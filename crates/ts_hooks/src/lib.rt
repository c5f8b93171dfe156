//! The hooks of a transaction, the table of the plugins that it asks at each of them, and how it ends.
#![tactic(auto)]

mod hook;
mod table;
mod txn_end;

pub use hook::{Hook, HookAnswer};
pub use table::HookTable;
pub use txn_end::TxnEnd;
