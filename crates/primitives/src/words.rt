//! Reads words.
ghost use Rattle.std.specs.Prelude.{◌≡◌, ◌<◌, ◌≤◌, ◌^◌, ℕ, IfSome, IfNone, decimal, map, true};
ghost use Rattle.basics.specs.Parts.{comma_parts};
ghost use Rattle.primitives.specs.Tables.{bit_in, bits_in, flag_names, number_in, proto_names, state_names};
ghost use Rattle.primitives.specs.Words.{SpellsFlags, SpellsProto};
ghost use Rattle.primitives.specs.inner.Rows.{are_places, named};

use crate::tables::{FLAGS, PROTOCOLS, STATES, Word, number_of};
use addr_text::read_number;
use basics::parted;

/// Reads a connection's state, as iptables-extensions(8) names it for conntrack: INVALID is 0, NEW 1, RELATED 2,
/// ESTABLISHED 3 and UNTRACKED 4. None exactly where the text is none of these names.
#[tactic(auto, unfolding(crate::specs::Tables::state_names))]
pub fn read_state(text: &[u8]) -> Option<u8>
    ensures { result ≡ number_in state_names text.now }
{
    number_of(&STATES, text)
}

#[tactic(auto, unfolding(crate::specs::Tables::proto_names))]
fn proto_named(text: &[u8]) -> Option<u8>
    ensures { result ≡ number_in proto_names text.now }
{
    number_of(&PROTOCOLS, text)
}

/// Reads a protocol: a name that iptables(8) or its extensions give it (icmp 1, igmp 2, tcp 6, udp 17, dccp 33, gre 47,
/// esp 50, ah 51, ipv6-icmp and icmpv6 58, sctp 132, udplite 136), or a number to 255, which is `0` or begins with a
/// digit from 1 to 9. None exactly where the text is neither.
pub fn read_proto(text: &[u8]) -> Option<u8>
    ensures some { IfSome result (SpellsProto text.now) }
    ensures none { IfNone result ((n : ℕ) → SpellsProto text.now n → ⊥) }
{
    match proto_named(text) {
        Some(number) => Some(number),
        None => byte_number(text),
    }
}

/// Reads a number to 255.
fn byte_number(text: &[u8]) -> Option<u8>
    ensures some { IfSome result (λ n. text.now ≡ decimal n) }
    ensures none { IfNone result ((n : ℕ) → n ≤ 255 → text.now ≡ decimal n → ⊥) }
{
    match read_number(text, 255) {
        Some(number) => Some(number as u8),
        None => None,
    }
}

/// The number in which the bit of this place alone is set.
fn bit(place: u8) -> u8
    requires { place < 8 }
    ensures { result ≡ 2 ^ place }
{
    1 << place
}

/// The bit of the number of the first word of that name.
fn bit_named(words: &[Word], text: &[u8]) -> Option<u8>
    requires { are_places (map named words.now) ≡ true }
    ensures { result ≡ bit_in (map named words.now) text.now }
{
    match number_of(words, text) {
        Some(place) => Some(bit(place)),
        None => None,
    }
}

/// The bits of the words between commas together. None where some part is none of the words.
fn bits_of_list(words: &[Word], text: &[u8]) -> Option<u8>
    requires { are_places (map named words.now) ≡ true }
    ensures { result ≡ bits_in (map named words.now) (comma_parts text.now) }
{
    let mut rest = text;
    let mut bits = 0;
    while let Some((part, after)) = parted(rest, b',') {
        bits |= bit_named(words, part)?;
        rest = after;
    }
    let last = bit_named(words, rest)?;
    Some(bits | last)
}

/// Reads names of states with commas between them: the bit of each state's number is set. A name may stand there twice.
/// None exactly where some part is no state's name.
#[tactic(auto, unfolding(crate::specs::Tables::state_names))]
pub fn read_states(text: &[u8]) -> Option<u8>
    ensures { result ≡ bits_in state_names (comma_parts text.now) }
{
    bits_of_list(&STATES, text)
}

/// Reads names of flags with commas between them.
#[tactic(auto, unfolding(crate::specs::Tables::flag_names))]
fn read_flag_list(text: &[u8]) -> Option<u8>
    ensures { result ≡ bits_in flag_names (comma_parts text.now) }
{
    bits_of_list(&FLAGS, text)
}

/// Reads flags of tcp, as `--tcp-flags` of iptables-extensions(8) has them: ALL is 63, NONE is 0, and else names of
/// flags with commas between them are the sum of these flags: FIN 1, SYN 2, RST 4, PSH 8, ACK 16, URG 32. A name may
/// stand there twice. None exactly where the text is none of these: ALL and NONE stand alone, and no part is empty.
pub fn read_flags(text: &[u8]) -> Option<u8>
    ensures some { IfSome result (SpellsFlags text.now) }
    ensures none { IfNone result ((flags : ℕ) → SpellsFlags text.now flags → ⊥) }
{
    if text == b"ALL".as_slice() {
        return Some(63);
    }
    if text == b"NONE".as_slice() {
        return Some(0);
    }
    read_flag_list(text)
}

════════

## WHAT TO WORK ON
Copy each line from the data that features the string "crates".

## EXERCISE ANSWER
filename crates/ts_hooks/src/lib.rt
filename crates/primitives/src/words.rt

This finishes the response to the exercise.